27. Haykin, S. Redes Neurais: Princípios e Prática; Bookman Editora: Porto Alegre, Brasil, 2001. Acessado em: 13 abr. 2025.]

Round 3

Reviewer 4 Report

Comments and Suggestions for Authors

Appreciate the authors effort

Still, the title looks broader, suggesting that simplifying it will be good.

Machine Learning-Based Classification and Detection of Electronic Devices Using an IoT Smart Meter at the Extreme Edge

The revised manuscript now includes a total of four self-citations, and the authors have mentioned the need, but suggested confirming with the editor for the journal guidelines

Finally, check for typo errors. Recommended for strong proof read.

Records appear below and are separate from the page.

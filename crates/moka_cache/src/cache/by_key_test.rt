//! Look-ups and removals by a test of the key in place of a key.
ghost use Rattle.std.specs.Prelude.{◌≡◌, [], true, Option, Some, None, Result, IfSome, IsOk, option_map};
ghost use Rattle.moka_parts.specs.Calls.{ContainsStep};
ghost use Rattle.moka_parts.specs.KeyTests.{ContainsByStep};
ghost use Rattle.moka_records.specs.KeyTests.{record_by};
ghost use Rattle.moka_records.specs.Records.{record_of_key};
ghost use Rattle.moka_types.specs.declared.error.OutOfMemory.{OutOfMemory};
ghost use Rattle.moka_records.specs.Hashing.{key_hash};
ghost use Rattle.moka_engine.specs.Looks.{CanHandOutValue};
ghost use Rattle.moka_cache.specs.Keyed.{CanNotify, GetsBy, RemovesBy};
ghost use Rattle.moka_calls.specs.Synchronous.{Made, Makes, RemovesEntry, hears_clones, invalidated, meaning_of, removed, taken_out};

use super::Cache;
use moka_calls::answers::{invalidated, removed, value_of};
use moka_calls::error::NotTold;
use moka_parts::closures::{PredicateFn, Weigher};
use moka_parts::error::OutOfMemory;
use moka_parts::housekeeper::Clock;
use moka_parts::key_test::KeyTest;
use moka_parts::notification::Listener;
use moka_parts::policy::{Expiry, Instant};
use std::hash::{BuildHasher, Hash};

impl<
    K: Eq + Hash,
    V,
    X: Expiry<K, V>,
    L: Listener<K, V>,
    P: PredicateFn<K, V>,
    W: Weigher<K, V>,
    S: BuildHasher,
> Cache<K, V, X, L, P, W, S> {
    /// The hash of a form of a key, by the cache's hasher. It equals the key's own hash if both feed the hasher the
    /// same data, as a `&str` and a `String` of the same text do.
    pub fn hash_of<Q: Hash>(&self, form: &Q) -> u64
        ensures { result ≡ key_hash S.BuildHasher S.Hasher.Hasher self.now.engine.hasher (Q.hash_input form.now) }
    {
        self.engine.hash_of(form)
    }

    /// As `contains_key` of the key that passes; `false` if none is there. `hash` is that key's, by the cache's hasher.
    pub fn contains_key_by<T: KeyTest<K>>(&self, test: &T, hash: u64, now: Instant) -> bool
        requires own { (k : K) → T.passes test.now k ≡ true
            → hash ≡ key_hash S.BuildHasher S.Hasher.Hasher self.now.engine.hasher (K.hash_input k) }
        ensures shown { ContainsByStep P.says (T.passes test.now) self.now.engine.state now.0 result }
        ensures as_key { (key : K) → T.passes test.now key ≡ true
            → ContainsStep P.says K.eq self.now.engine.state key now.0 result }
    {
        self.engine.contains_by(test, hash, now)
    }

    /// As `get` of the key that passes, or, if no key of the cache does, of any other that is not there. `hash` is that
    /// of the keys that pass, by the cache's hasher.
    ///
    /// ```text
    /// let name = "a key"; // of a cache with `String` keys; none is made
    /// let hash = cache.hash_of(&name);
    /// let found = cache.get_by(&name, hash, now, &mut clock)?;
    /// ```
    ///
    /// # Errors
    /// As `get`.
    pub fn get_by<T: KeyTest<K>, C: Clock>(
        &mut self,
        test: &T,
        hash: u64,
        now: Instant,
        clock: &mut C,
    ) -> Result<Option<V>, OutOfMemory>
    where
        K: Clone + Drop,
        V: Clone + Drop,
        P: Drop,
        requires own { (k : K) → T.passes test.now k ≡ true
            → hash ≡ key_hash S.BuildHasher S.Hasher.Hasher self.old.engine.hasher (K.hash_input k) }
        ensures step { GetsBy (meaning_of K.eq L.tells P.says W.weighs C.reads X.created X.read X.updated)
            (T.passes test.now) hash now clock.old clock.new V.is_clone result self.old self.new }
        ensures succeeds { CanHandOutValue V.is_infallible (record_by (T.passes test.now) self.old.engine.state.records)
            → IsOk result }
    {
        self.engine.invariant_holds();
        let entry = self.engine.get_by(test, hash, false, now, clock);
        let found = value_of(entry);
        self.stats.count_look_up(&found);
        found
    }

    /// As `remove` of the key that passes; if no key of the cache does, nothing changes. `hash` is that of the keys
    /// that pass, by the cache's hasher.
    ///
    /// # Errors
    /// As `remove`.
    pub fn remove_by<T: KeyTest<K>, C: Clock>(
        &mut self,
        test: &T,
        hash: u64,
        now: Instant,
        clock: &mut C,
    ) -> Result<Option<V>, NotTold<V>>
    where
        K: Clone + Drop,
        V: Clone + Drop,
        P: Drop,
        requires own { (k : K) → T.passes test.now k ≡ true
            → hash ≡ key_hash S.BuildHasher S.Hasher.Hasher self.old.engine.hasher (K.hash_input k) }
        ensures step { RemovesBy (meaning_of K.eq L.tells P.says W.weighs C.reads X.created X.read X.updated)
            (T.passes test.now) hash now clock.old clock.new K.is_clone V.is_clone (λ taken. result ≡ removed taken)
            self.old self.new }
        ensures succeeds { CanNotify K.is_infallible V.is_infallible self.old.engine.state.settings.listening
            (record_by (T.passes test.now) self.old.engine.state.records) → IsOk result }
        ensures value { (key : K) → T.passes test.now key ≡ true → taken_out result
            ≡ option_map (λ r. r.value) (record_of_key K.eq self.old.engine.state.records key) }
    {
        removed(self.take_by(test, hash, now, clock))
    }

    /// As `invalidate` of the key that passes; if no key of the cache does, nothing changes. `hash` is that of the keys
    /// that pass, by the cache's hasher.
    ///
    /// # Errors
    /// As `invalidate`.
    pub fn invalidate_by<T: KeyTest<K>, C: Clock>(
        &mut self,
        test: &T,
        hash: u64,
        now: Instant,
        clock: &mut C,
    ) -> Result<(), NotTold<V>>
    where
        K: Clone + Drop,
        V: Clone + Drop,
        P: Drop,
        requires own { (k : K) → T.passes test.now k ≡ true
            → hash ≡ key_hash S.BuildHasher S.Hasher.Hasher self.old.engine.hasher (K.hash_input k) }
        ensures step { RemovesBy (meaning_of K.eq L.tells P.says W.weighs C.reads X.created X.read X.updated)
            (T.passes test.now) hash now clock.old clock.new K.is_clone V.is_clone (λ taken. result ≡ invalidated taken)
            self.old self.new }
        ensures succeeds { CanNotify K.is_infallible V.is_infallible self.old.engine.state.settings.listening
            (record_by (T.passes test.now) self.old.engine.state.records) → IsOk result }
    {
        invalidated(self.take_by(test, hash, now, clock))
    }

    // Takes the key that passes out: its value, and whether the listener was notified.
    pub(super) fn take_by<T: KeyTest<K>, C: Clock>(
        &mut self,
        test: &T,
        hash: u64,
        now: Instant,
        clock: &mut C,
    ) -> Option<(V, Result<(), OutOfMemory>)>
    where
        K: Clone + Drop,
        V: Clone + Drop,
        P: Drop,
        requires own { (k : K) → T.passes test.now k ≡ true
            → hash ≡ key_hash S.BuildHasher S.Hasher.Hasher self.old.engine.hasher (K.hash_input k) }
        ensures made { (key : K) → T.passes test.now key ≡ true
            → Makes (meaning_of K.eq (hears_clones K.is_clone V.is_clone L.tells) P.says W.weighs C.reads
            X.created X.read X.updated)
            (RemovesEntry key hash now result) self.old.engine clock.old self.new.engine clock.new }
        ensures none { record_by (T.passes test.now) self.old.engine.state.records ≡ None → (result ≡ None)
            × Made (meaning_of K.eq L.tells P.says W.weighs C.reads X.created X.read X.updated) [] []
            self.old.engine clock.old self.new.engine clock.new }
        ensures notified { CanNotify K.is_infallible V.is_infallible self.old.engine.state.settings.listening
            (record_by (T.passes test.now) self.old.engine.state.records) → IfSome result (λ t. IsOk t.1) }
        ensures gone { (key : K) → T.passes test.now key ≡ true
            → record_of_key K.eq self.new.engine.state.records key ≡ None }
        ensures value { (key : K) → T.passes test.now key ≡ true → option_map (λ t. t.0) result
            ≡ option_map (λ r. r.value) (record_of_key K.eq self.old.engine.state.records key) }
        ensures hasher { self.new.engine.hasher ≡ self.old.engine.hasher }
        ensures counted { self.new.stats ≡ self.old.stats }
    {
        self.engine.invariant_holds();
        let Some((entry, ticket)) = self.engine.remove_by(test, hash) else {
            return None;
        };
        let told = self.engine.notify_invalidate(&entry, now);
        Self::post(&mut self.engine, ticket, now, clock);
        Some((entry.value, told))
    }
}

Comments on the Quality of English Language

Needs Improvement

Author Response

Comments 1: [Still, the title looks broader, suggesting that simplifying it will be good. Machine Learning-Based Classification and Detection of Electronic Devices Using an IoT Smart Meter at the Extreme Edge]
Response 1: [We appreciate the suggestion to simplify the title. The title has been revised to "Machine Learning-Based Classification of Electronic Devices Using an IoT Smart Meter", which we believe better reflects the scope and focus of the study.]

Comments 2: [The revised manuscript now includes a total of four self-citations, and the authors have mentioned the need, but suggested confirming with the editor for the journal guidelines]
Response 2: [Thank you for your observation. We have included four self-citations, which are essential to contextualize the current work within our previous research. As recommended, we will contact the editor to confirm compliance with the journal’s guidelines regarding self-citations.]

Comments 3: [Finally, check for typo errors. Recommended for strong proof read.]
Response 3: [We have conducted a detailed review of the manuscript to identify and correct potential typographical errors. We believe this revision improves the overall clarity and quality of the text.]